The action follows a victory for firefighters last September, when a national fire safety and code writing organization — whose actions are typically adopted nationwide — endorsed a “model” code requiring installation of sprinkler systems in new homes starting in January 2011. While firefighters and the fire service industry call the measure a potential lifesaver, builders argue that it would provide little safety benefit, while increasing the cost of an average home from $5,000 to $10,000.

The code hasn’t yet been adopted by any state. State agencies in Pennsylvania and New Jersey have recommended adoption of the change, but builders in those states are threatening to take the battle to state legislatures. Last week a state committee in Michigan voted 10-2 to reject the new requirement. The building industry has succeeded in lobbying for prohibitive legislation in at least three other states — Idaho, North Dakota, and Texas.

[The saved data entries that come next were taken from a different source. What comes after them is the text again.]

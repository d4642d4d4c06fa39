// What a slave keeps of the blocks that come in, and the steps that it makes of frames.
#![tactic(auto)]

mod judging;
mod steps;

#[derive(Clone, Copy)]
pub struct Inlet {
    // the slave's own address
    pub address: u16,
    // the connection ID, kept at the first Connection frame
    pub id: u16,
    // the block that is coming in, and how many octets of it are stored: an array and a count, since firmware has no heap
    pub block: [u8; 64],
    pub stored: usize,
}

// The numbers of a profile: how many user octets there are, and the lowest and the highest watchdog time.
#[derive(Clone, Copy)]
pub struct Limits {
    pub user_octets: u16,
    pub lowest: u16,
    pub highest: u16,
}
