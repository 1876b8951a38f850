//! What is made, compared with documents and files that were worked out by hand.

use evp_file::read_file;
use evp_gen::make;
use serde_json::Value;
use std::test::Fail;

// The document for one record of each sender.
const DOCUMENT: &str =
    "{ \"limit\": 256, \"queue\": 16, \"formats\": [ {\"name\": \"wide\", \"profile\": \"be64\",
\"types\": [{\"name\": \"wide\", \"fields\": [[\"x\", \"integer\", 8], [\"id\", \"unsigned integer\", 8],
[\"tag\", \"string\"], [\"n\", \"integer\", 8], [\"v\", \"integer[n]\", 8]]}]}, {\"name\": \"calc\",
\"profile\": \"le64\", \"types\": [{\"name\": \"calc\", \"fields\": [[\"y\", \"integer\", 8], [\"id\",
\"unsigned integer\", 8], [\"x\", \"integer\", 8]]}]}, {\"name\": \"short\", \"profile\": \"le32\",
\"types\": [{\"name\": \"short\", \"fields\": [[\"x\", \"integer\", 2], [\"tag\", \"string\"], [\"extra\",
\"unsigned integer\", 4]]}]}, {\"name\": \"full\", \"profile\": \"be32\", \"types\": [{\"name\": \"full\",
\"fields\": [[\"y\", \"integer\", 4], [\"id\", \"unsigned integer\", 4]]}]}, {\"name\": \"tight\",
\"profile\": \"le64\", \"types\": [{\"name\": \"tight\", \"fields\": [[\"y\", \"integer\", 2], [\"id\",
\"unsigned integer\", 2]]}]} ], \"sources\": [ {\"name\": \"a\", \"file\": \"a.ndr\", \"stone\": 0},
{\"name\": \"b\", \"file\": \"b.ndr\", \"stone\": 1}, {\"name\": \"c\", \"file\": \"c.ndr\", \"stone\": 2},
{\"name\": \"d\", \"file\": \"d.ndr\", \"stone\": 3} ], \"stones\": [ {\"kind\": \"split\",
\"targets\": [4, 8]}, {\"kind\": \"split\", \"targets\": [5, 9]}, {\"kind\": \"split\", \"targets\": [6,
10]}, {\"kind\": \"split\", \"targets\": [7, 11]}, {\"kind\": \"filter\", \"format\": \"wide\",
\"expr\": \"x % 3 != 0\", \"target\": 12}, {\"kind\": \"filter\", \"format\": \"wide\",
\"expr\": \"x % 3 != 0\", \"target\": 13}, {\"kind\": \"filter\", \"format\": \"wide\",
\"expr\": \"x % 3 != 0\", \"target\": 14}, {\"kind\": \"filter\", \"format\": \"wide\",
\"expr\": \"x % 3 != 0\", \"target\": 15}, {\"kind\": \"transform\", \"format\": \"wide\",
\"into\": \"calc\", \"set\": [[\"y\", \"x*x - 0\"]], \"target\": 16}, {\"kind\": \"transform\",
\"format\": \"wide\", \"into\": \"calc\", \"set\": [[\"y\", \"x*x - 1\"]], \"target\": 17},
{\"kind\": \"transform\", \"format\": \"wide\", \"into\": \"calc\", \"set\": [[\"y\", \"x*x - 2\"]],
\"target\": 18}, {\"kind\": \"transform\", \"format\": \"wide\", \"into\": \"calc\", \"set\": [[\"y\",
\"x*x - 3\"]], \"target\": 19}, {\"kind\": \"router\", \"format\": \"wide\", \"expr\": \"(x + 500) % 5\",
\"targets\": [20, 21, 22, 23]}, {\"kind\": \"router\", \"format\": \"wide\", \"expr\": \"(x + 500) % 5\",
\"targets\": [20, 21, 22, 23]}, {\"kind\": \"router\", \"format\": \"wide\", \"expr\": \"(x + 500) % 5\",
\"targets\": [20, 21, 22, 23]}, {\"kind\": \"router\", \"format\": \"wide\", \"expr\": \"(x + 500) % 5\",
\"targets\": [20, 21, 22, 23]}, {\"kind\": \"filter\", \"format\": \"calc\", \"expr\": \"y % 2 == 0\",
\"target\": 24}, {\"kind\": \"filter\", \"format\": \"calc\", \"expr\": \"y % 2 == 0\", \"target\": 25},
{\"kind\": \"filter\", \"format\": \"calc\", \"expr\": \"y % 2 == 0\", \"target\": 26},
{\"kind\": \"filter\", \"format\": \"calc\", \"expr\": \"y % 2 == 0\", \"target\": 27},
{\"kind\": \"terminal\", \"format\": \"short\"}, {\"kind\": \"terminal\", \"format\": \"short\"},
{\"kind\": \"terminal\", \"format\": \"short\"}, {\"kind\": \"terminal\", \"format\": \"short\"},
{\"kind\": \"split\", \"targets\": [28, 29, 30, 31]}, {\"kind\": \"split\", \"targets\": [28, 29, 30, 31]},
{\"kind\": \"split\", \"targets\": [28, 29, 30, 31]}, {\"kind\": \"split\", \"targets\": [28, 29, 30, 31]},
{\"kind\": \"terminal\", \"format\": \"full\"}, {\"kind\": \"terminal\", \"format\": \"full\"},
{\"kind\": \"terminal\", \"format\": \"tight\"}, {\"kind\": \"terminal\", \"format\": \"tight\"} ],
\"rounds\": [ {\"submit\": [0, 0, 0, 0], \"frozen\": []}, {\"submit\": [0, 0, 0, 0], \"frozen\": [12]},
{\"submit\": [0, 0, 0, 0], \"frozen\": [16]}, {\"submit\": [1, 1, 1, 1], \"frozen\": [16]} ] }";

// The files for one record of each sender: the description, the record, the end.
const FILES: [&[u8]; 4] = [
    b"NDR1F\0\0\0\x78NDF1\0\x08\0\x01\x01s\0\0\0\x20\0\x05\
\x02id\x10unsigned integer\0\0\0\x04\0\0\0\0\x01x\x07integer\0\0\0\x04\0\0\0\x04\
\x03tag\x06string\0\0\0\x08\0\0\0\x08\x01n\x07integer\0\0\0\x04\0\0\0\x10\
\x01v\x0ainteger[n]\0\0\0\x02\0\0\0\x18R\0\0\0\0\0\x22\
\0\0\0\0\x0c\xfe\xff\xff\x20\0\0\0\0\0\0\0\0\0\0\0\0\0\0\0\0\0\0\0\0\0\0\x000\0E",
    b"NDR1F\0\0\0\x78NDF1\0\x04\0\x01\x01s\0\0\0\x14\0\x05\
\x02id\x10unsigned integer\0\0\0\x04\0\0\0\0\x01x\x07integer\0\0\0\x04\0\0\0\x04\
\x03tag\x06string\0\0\0\x04\0\0\0\x08\x01n\x07integer\0\0\0\x04\0\0\0\x0c\
\x01v\x0ainteger[n]\0\0\0\x02\0\0\0\x10R\0\0\0\0\0\x1a\
\0\0\0\0\x17\xfe\xff\xff\x18\0\0\0\0\0\0\0\0\0\0\0\0\0\0\x000\0E",
    b"NDR1F\0\0\0\x78NDF1\x01\x08\0\x01\x01s\0\0\0\x20\0\x05\
\x02id\x10unsigned integer\0\0\0\x04\0\0\0\0\x01x\x07integer\0\0\0\x04\0\0\0\x04\
\x03tag\x06string\0\0\0\x08\0\0\0\x08\x01n\x07integer\0\0\0\x04\0\0\0\x10\
\x01v\x0ainteger[n]\0\0\0\x02\0\0\0\x18R\0\0\0\0\0\x22\
\0\0\0\0\xff\xff\xfe\x22\0\0\0\0\0\0\0\x20\0\0\0\0\0\0\0\0\0\0\0\0\0\0\0\x000\0E",
    b"NDR1F\0\0\0\x78NDF1\x01\x04\0\x01\x01s\0\0\0\x14\0\x05\
\x02id\x10unsigned integer\0\0\0\x04\0\0\0\0\x01x\x07integer\0\0\0\x04\0\0\0\x04\
\x03tag\x06string\0\0\0\x04\0\0\0\x08\x01n\x07integer\0\0\0\x04\0\0\0\x0c\
\x01v\x0ainteger[n]\0\0\0\x02\0\0\0\x10R\0\0\0\0\0\x1a\
\0\0\0\0\xff\xff\xfe\x2d\0\0\0\x18\0\0\0\0\0\0\0\0\0\0\0\x000\0E",
];

// The records 3 and 4 of the first sender, and the end: a list of three, then a null string.
const LAST_OF_FIVE: &[u8] = b"R\0\0\0\0\0\x2e\x03\0\0\0\x7b\xfe\xff\xff\x20\0\0\0\0\0\0\0\
\x03\0\0\0\0\0\0\0\x28\0\0\0\0\0\0\x003\0\0\0\0\0\0\0\xd1\xff\xd2\xff\xd3\xff\
R\0\0\0\0\0\x20\x04\0\0\0\xa0\xfe\xff\xff\0\0\0\0\0\0\0\0\0\0\0\0\0\0\0\0\0\0\0\0\0\0\0\0E";

#[test]
fn one_record_of_each_sender(rt: HostRuntime) -> Result<(), Fail> {
    let alloc = rt.alloc();
    let made = make(alloc, 1)?;
    let document = Value::from_slice(alloc, made.job())
        .ok()
        .ok_or("a document")?;
    let by_hand = Value::from_str(alloc, DOCUMENT).ok().ok_or("one by hand")?;
    assert!(rt; document == by_hand);
    assert_eq!(rt; made.files().len(), 4);
    for (file, by_hand) in made.files().iter().zip(FILES.iter()) {
        assert_eq!(rt; file.as_slice(), *by_hand);
    }
    Ok(())
}

#[test]
fn lists_and_null_strings(rt: HostRuntime) -> Result<(), Fail> {
    let made = make(rt.alloc(), 5)?;
    let first = made.files().first().ok_or("a file")?;
    assert!(rt; first.ends_with(LAST_OF_FIVE));
    Ok(())
}

#[test]
fn as_many_records_as_there_may_be(rt: HostRuntime) -> Result<(), Fail> {
    let alloc = rt.alloc();
    let made = make(alloc, 20_000)?;
    for file in made.files() {
        assert!(rt; file.len() < 2_000_000);
        let read = read_file(alloc, file, &[], 64).ok().ok_or("a record file")?;
        assert_eq!(rt; read.items.as_slice().len(), 20_000);
    }
    Ok(())
}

While the Virginia Board of Housing and Community Development’s position is not expected to be finalized until next year, the interim language to be published calls for sprinklers only as a buyers’ option on new single-family residences. Regulations currently require sprinklers in all commercial buildings, apartments, and condominiums.

“The board affirmed its previous committee action to make residential sprinklers an option with specific installation standards if installed in Virginia,” said Hollie S. Cammarasana, spokeswoman for the Virginia Department of Housing and Community Development. “There was significant discussion about whether to mandate residential sprinklers and the board will continue to take comment and discuss this issue through the coming year before making a final decision on the regulation next year.”